[Your goal] Only the lines from the first line of the material below to the line containing "const LOOP_PLAN: &str", inclusive, should be copied, each exactly as written.

[Records supplied]
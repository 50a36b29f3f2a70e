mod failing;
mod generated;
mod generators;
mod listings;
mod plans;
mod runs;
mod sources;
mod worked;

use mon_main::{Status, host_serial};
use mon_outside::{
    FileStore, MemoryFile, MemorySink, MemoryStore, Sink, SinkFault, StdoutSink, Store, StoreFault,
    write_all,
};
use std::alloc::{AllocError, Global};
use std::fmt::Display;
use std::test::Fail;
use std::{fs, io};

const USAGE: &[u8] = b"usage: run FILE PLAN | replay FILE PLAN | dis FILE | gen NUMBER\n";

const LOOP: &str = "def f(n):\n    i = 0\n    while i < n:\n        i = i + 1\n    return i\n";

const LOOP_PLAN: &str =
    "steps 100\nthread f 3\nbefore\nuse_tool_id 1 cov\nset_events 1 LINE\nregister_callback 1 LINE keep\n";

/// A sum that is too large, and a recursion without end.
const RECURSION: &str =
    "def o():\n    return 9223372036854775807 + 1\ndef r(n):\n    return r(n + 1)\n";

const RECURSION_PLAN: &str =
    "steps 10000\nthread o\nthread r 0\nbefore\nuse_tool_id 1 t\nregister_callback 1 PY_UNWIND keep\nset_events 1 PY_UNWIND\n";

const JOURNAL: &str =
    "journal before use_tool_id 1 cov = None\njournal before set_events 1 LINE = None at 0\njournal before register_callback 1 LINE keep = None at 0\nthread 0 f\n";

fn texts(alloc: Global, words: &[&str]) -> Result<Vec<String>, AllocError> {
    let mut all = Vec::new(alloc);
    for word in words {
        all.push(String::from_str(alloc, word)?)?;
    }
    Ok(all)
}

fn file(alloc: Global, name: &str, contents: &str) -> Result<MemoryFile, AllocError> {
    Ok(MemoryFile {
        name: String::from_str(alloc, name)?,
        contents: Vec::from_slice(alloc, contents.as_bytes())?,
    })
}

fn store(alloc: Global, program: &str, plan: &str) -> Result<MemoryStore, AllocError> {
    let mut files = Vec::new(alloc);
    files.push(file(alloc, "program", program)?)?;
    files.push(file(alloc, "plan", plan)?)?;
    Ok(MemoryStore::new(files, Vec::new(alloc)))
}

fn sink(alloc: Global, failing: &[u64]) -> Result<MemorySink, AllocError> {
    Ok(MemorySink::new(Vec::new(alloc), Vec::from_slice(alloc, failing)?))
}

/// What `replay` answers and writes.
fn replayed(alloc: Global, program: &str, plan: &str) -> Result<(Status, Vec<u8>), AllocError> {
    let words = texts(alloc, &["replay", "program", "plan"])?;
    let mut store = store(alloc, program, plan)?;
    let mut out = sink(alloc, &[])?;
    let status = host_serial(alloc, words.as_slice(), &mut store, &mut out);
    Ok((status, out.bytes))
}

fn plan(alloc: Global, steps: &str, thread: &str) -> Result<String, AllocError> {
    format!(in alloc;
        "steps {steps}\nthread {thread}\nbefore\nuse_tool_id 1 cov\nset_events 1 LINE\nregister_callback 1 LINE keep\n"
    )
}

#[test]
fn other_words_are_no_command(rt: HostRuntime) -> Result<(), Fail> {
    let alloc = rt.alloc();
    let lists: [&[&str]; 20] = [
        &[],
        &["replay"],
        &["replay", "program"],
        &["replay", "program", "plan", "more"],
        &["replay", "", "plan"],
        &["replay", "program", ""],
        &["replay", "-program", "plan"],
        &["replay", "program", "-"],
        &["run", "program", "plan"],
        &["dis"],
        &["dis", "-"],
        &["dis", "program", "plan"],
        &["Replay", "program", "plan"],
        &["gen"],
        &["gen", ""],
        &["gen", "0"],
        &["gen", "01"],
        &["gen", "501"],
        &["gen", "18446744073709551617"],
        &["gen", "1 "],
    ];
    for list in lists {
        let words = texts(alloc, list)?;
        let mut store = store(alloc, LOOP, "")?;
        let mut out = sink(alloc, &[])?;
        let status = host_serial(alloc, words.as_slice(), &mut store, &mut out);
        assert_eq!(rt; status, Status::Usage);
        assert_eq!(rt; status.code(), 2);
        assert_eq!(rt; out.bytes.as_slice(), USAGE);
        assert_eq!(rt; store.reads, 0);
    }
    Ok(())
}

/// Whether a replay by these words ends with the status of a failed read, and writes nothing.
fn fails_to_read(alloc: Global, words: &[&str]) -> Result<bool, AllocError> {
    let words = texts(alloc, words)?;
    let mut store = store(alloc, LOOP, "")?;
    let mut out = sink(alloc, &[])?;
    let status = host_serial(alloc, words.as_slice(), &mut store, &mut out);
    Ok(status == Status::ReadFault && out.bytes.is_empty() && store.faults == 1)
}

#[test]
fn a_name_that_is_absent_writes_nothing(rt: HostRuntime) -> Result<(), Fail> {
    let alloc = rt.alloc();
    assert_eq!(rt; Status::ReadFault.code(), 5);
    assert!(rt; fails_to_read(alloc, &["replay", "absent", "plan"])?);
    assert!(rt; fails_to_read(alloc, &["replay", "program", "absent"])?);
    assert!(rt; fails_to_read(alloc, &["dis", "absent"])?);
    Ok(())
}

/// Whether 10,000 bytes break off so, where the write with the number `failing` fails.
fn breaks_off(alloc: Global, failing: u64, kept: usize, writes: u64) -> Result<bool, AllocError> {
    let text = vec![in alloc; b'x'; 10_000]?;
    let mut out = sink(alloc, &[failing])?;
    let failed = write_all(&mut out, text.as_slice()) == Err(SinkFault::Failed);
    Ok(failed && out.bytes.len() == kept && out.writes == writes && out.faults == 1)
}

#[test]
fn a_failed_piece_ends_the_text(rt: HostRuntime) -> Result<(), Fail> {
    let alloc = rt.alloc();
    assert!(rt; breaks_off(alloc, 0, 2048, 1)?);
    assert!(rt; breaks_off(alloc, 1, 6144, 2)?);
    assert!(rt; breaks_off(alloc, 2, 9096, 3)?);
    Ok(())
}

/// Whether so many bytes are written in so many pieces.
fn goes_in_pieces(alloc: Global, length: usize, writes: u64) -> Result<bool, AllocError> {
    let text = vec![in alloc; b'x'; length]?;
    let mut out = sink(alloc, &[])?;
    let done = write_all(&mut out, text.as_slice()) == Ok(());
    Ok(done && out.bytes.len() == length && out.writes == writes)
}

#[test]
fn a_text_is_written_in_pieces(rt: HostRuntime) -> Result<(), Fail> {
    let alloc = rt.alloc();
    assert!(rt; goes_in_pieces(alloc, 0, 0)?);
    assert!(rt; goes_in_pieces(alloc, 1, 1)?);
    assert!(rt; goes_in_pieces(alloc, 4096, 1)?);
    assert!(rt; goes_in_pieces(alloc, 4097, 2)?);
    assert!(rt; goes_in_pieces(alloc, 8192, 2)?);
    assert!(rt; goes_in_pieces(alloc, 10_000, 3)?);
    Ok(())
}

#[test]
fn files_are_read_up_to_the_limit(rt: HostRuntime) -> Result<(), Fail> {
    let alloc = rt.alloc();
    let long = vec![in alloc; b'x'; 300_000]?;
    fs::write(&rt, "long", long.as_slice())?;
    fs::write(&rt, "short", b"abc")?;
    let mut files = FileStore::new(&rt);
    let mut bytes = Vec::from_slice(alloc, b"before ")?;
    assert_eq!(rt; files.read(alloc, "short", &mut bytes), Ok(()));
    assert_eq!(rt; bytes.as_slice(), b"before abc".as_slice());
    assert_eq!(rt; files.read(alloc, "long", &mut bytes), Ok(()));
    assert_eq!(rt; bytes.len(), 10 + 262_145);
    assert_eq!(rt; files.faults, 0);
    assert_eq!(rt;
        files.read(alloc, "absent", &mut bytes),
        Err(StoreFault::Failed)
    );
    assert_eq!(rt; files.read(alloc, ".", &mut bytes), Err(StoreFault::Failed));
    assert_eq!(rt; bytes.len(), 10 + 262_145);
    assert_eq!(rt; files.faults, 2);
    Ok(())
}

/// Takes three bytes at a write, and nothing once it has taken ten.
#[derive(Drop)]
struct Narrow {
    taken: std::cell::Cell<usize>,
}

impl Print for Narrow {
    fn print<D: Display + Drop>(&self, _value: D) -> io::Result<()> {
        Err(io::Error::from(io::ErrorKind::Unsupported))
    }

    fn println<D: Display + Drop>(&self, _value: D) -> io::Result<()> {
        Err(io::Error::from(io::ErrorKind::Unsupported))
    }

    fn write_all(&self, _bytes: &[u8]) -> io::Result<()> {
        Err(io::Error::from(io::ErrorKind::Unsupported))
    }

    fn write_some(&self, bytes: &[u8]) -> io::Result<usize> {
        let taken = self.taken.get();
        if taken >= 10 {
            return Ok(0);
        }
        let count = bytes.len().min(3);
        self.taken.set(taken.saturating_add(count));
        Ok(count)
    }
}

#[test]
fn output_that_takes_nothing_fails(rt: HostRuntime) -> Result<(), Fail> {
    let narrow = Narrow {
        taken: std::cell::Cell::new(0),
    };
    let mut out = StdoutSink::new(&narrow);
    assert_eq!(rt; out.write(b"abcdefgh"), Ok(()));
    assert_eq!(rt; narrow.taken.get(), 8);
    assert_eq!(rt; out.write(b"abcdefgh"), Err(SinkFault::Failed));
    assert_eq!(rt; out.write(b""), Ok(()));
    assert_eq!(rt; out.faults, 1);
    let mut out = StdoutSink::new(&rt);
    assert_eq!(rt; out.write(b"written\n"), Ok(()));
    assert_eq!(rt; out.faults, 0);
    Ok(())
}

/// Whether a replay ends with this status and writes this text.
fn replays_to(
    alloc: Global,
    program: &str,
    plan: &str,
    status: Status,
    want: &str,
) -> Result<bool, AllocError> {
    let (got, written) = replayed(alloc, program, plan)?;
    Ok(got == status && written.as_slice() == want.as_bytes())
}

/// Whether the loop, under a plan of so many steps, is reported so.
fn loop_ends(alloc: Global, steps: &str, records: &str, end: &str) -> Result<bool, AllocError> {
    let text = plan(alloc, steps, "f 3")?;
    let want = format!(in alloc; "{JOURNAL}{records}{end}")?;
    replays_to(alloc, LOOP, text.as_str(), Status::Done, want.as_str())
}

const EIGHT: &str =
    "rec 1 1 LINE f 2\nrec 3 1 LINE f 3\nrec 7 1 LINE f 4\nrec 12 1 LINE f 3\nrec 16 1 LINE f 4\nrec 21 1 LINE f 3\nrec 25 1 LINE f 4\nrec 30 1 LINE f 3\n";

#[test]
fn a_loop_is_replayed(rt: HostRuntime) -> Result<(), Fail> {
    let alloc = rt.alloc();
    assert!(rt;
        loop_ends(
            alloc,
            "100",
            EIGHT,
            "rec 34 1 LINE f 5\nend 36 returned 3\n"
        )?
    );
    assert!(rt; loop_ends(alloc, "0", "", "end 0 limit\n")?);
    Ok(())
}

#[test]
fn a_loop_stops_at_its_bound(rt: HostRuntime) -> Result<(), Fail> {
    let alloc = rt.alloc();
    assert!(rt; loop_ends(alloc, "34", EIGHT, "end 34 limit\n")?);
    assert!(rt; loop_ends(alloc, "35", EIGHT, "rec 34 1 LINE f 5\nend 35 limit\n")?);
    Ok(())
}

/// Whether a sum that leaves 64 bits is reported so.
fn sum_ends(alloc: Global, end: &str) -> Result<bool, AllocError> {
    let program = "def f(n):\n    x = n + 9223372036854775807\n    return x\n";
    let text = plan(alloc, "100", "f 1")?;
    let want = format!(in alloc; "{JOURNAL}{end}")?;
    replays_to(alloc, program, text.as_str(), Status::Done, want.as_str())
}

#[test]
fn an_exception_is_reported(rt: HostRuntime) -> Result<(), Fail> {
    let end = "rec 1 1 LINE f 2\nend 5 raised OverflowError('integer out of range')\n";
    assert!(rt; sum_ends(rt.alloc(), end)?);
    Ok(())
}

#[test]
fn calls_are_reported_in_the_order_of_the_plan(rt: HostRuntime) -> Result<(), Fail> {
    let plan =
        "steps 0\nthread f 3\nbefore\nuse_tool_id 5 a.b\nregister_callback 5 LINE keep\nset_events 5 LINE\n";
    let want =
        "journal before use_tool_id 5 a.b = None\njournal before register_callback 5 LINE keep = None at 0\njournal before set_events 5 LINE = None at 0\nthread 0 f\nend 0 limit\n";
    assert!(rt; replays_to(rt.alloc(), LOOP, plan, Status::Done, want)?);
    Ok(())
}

[Finished task]
repository 50a36b29f3f2a70e
mod failing;
mod generated;
mod generators;
mod listings;
mod plans;
mod runs;
mod sources;
mod worked;

use mon_main::{Status, host_serial};
use mon_outside::{
    FileStore, MemoryFile, MemorySink, MemoryStore, Sink, SinkFault, StdoutSink, Store, StoreFault,
    write_all,
};
use std::alloc::{AllocError, Global};
use std::fmt::Display;
use std::test::Fail;
use std::{fs, io};

const USAGE: &[u8] = b"usage: run FILE PLAN | replay FILE PLAN | dis FILE | gen NUMBER\n";

const LOOP: &str = "def f(n):\n    i = 0\n    while i < n:\n        i = i + 1\n    return i\n";

const LOOP_PLAN: &str =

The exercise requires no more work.